• [PROMPT]: All lines from the one including "(RFC 3758 3.5;" to the bottom of the entries below should be repeated exactly, both ends kept.

DATASET RECORDS START

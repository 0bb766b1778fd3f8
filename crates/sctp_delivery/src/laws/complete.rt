//! What is taken is held or was read, and in the end each write was read: so it is in every reliable session, one in which no message
//! is abandoned or expires; and where some are, each other write was read.

ghost use Rattle.std.specs.Prelude.{◌<◌};
ghost use Rattle.sctp_delivery.specs.Abandoned.{AfterEachOfFewInFlight, AfterEachSessionOfMessages, AreOfWrites, IsEachOtherReadInTheEnd, IsHeldReadOrPassed, OnlyTheirsAreMarked};
ghost use Rattle.sctp_delivery.specs.Complete.{AfterEachReliableSession, IsAllReadInTheEnd, IsAllReadWhereSettled, IsHeldOrRead};
ghost use Rattle.sctp_delivery.specs.Messages.{WhileFewTsns};
ghost use Rattle.sctp_delivery.specs.Recent.{WhileReliableAndYoung};

/// Nothing that the receiver took as new is dropped in silence: each chunk stands in a message that was read on its stream, or is held
/// there, and none of them twice. So it is in reliable sessions that give out fewer than 2^31 TSNs; and in a whole life, while nothing is
/// handed over or held that is 2^31 TSNs old.
pub fn what_is_taken_is_held_or_read()
    ensures few { AfterEachReliableSession (λ size s. IsHeldOrRead s) }
    ensures recent { WhileReliableAndYoung IsHeldOrRead }
{}

/// And in every session, whatever is abandoned, each such chunk that is dropped is one that a FORWARD-TSN passed (RFC 3758 3.6): the
/// others are held or were read, and none of them twice. So it is in sessions that give out fewer than 2^31 TSNs.
pub fn what_is_taken_is_held_read_or_passed()
    ensures { WhileFewTsns IsHeldReadOrPassed }
{}

/// Whatever the network loses, delays, repeats and reorders: where nothing waits to be sent, nothing is in flight, and the receiver
/// holds nothing, each write was read exactly once. So it is in reliable sessions that give out fewer than 2^31 TSNs; and in a whole life,
/// while nothing is handed over or held that is 2^31 TSNs old.
pub fn each_write_is_read_where_nothing_is_held()
    ensures few { AfterEachReliableSession (λ size s. 0 < size → IsAllReadWhereSettled s) }
    ensures recent { WhileReliableAndYoung IsAllReadWhereSettled }
{}

/// And where nothing waits to be sent, nothing is in flight, and on no stream is a message to read: each write was read exactly once.
/// So it is in reliable sessions that give out fewer than 2^31 TSNs, however many writes a stream has.
pub fn all_is_read_in_the_end()
    ensures { AfterEachReliableSession (λ size s. 0 < size → IsAllReadInTheEnd s) }
{}

/// Where messages are abandoned or expire (RFC 3758 3.5): where nothing waits to be sent, nothing is in flight, and on no stream is a
/// message to read, each write whose message no call abandoned was read exactly once. So it is in sessions that give out fewer than
/// 2^31 TSNs.
pub fn each_other_write_is_read_in_the_end()
    ensures { AfterEachSessionOfMessages (λ size gone s. 0 < size → IsEachOtherReadInTheEnd gone s) }
{}

/// Each message that a call abandons or lets expire is a write; and of the chunks in flight none is marked as abandoned but those of
/// such messages. So a FORWARD-TSN passes no chunk in flight of another message (RFC 3758 3.5;
/// `sacks::what_is_acknowledged_came_or_was_abandoned`). So it is while fewer than 2^31 chunks are in flight, as a `Sender` sees to it, however
/// many TSNs it gives out.
pub fn what_is_abandoned_was_written()
    ensures written { AfterEachOfFewInFlight AreOfWrites }
    ensures marked { AfterEachOfFewInFlight OnlyTheirsAreMarked }
{}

DATASET RECORDS END

• [ANSWER TO THIS TASK]:
/// such messages. So a FORWARD-TSN passes no chunk in flight of another message (RFC 3758 3.5;
/// `sacks::what_is_acknowledged_came_or_was_abandoned`). So it is while fewer than 2^31 chunks are in flight, as a `Sender` sees to it, however
/// many TSNs it gives out.
pub fn what_is_abandoned_was_written()
    ensures written { AfterEachOfFewInFlight AreOfWrites }
    ensures marked { AfterEachOfFewInFlight OnlyTheirsAreMarked }
{}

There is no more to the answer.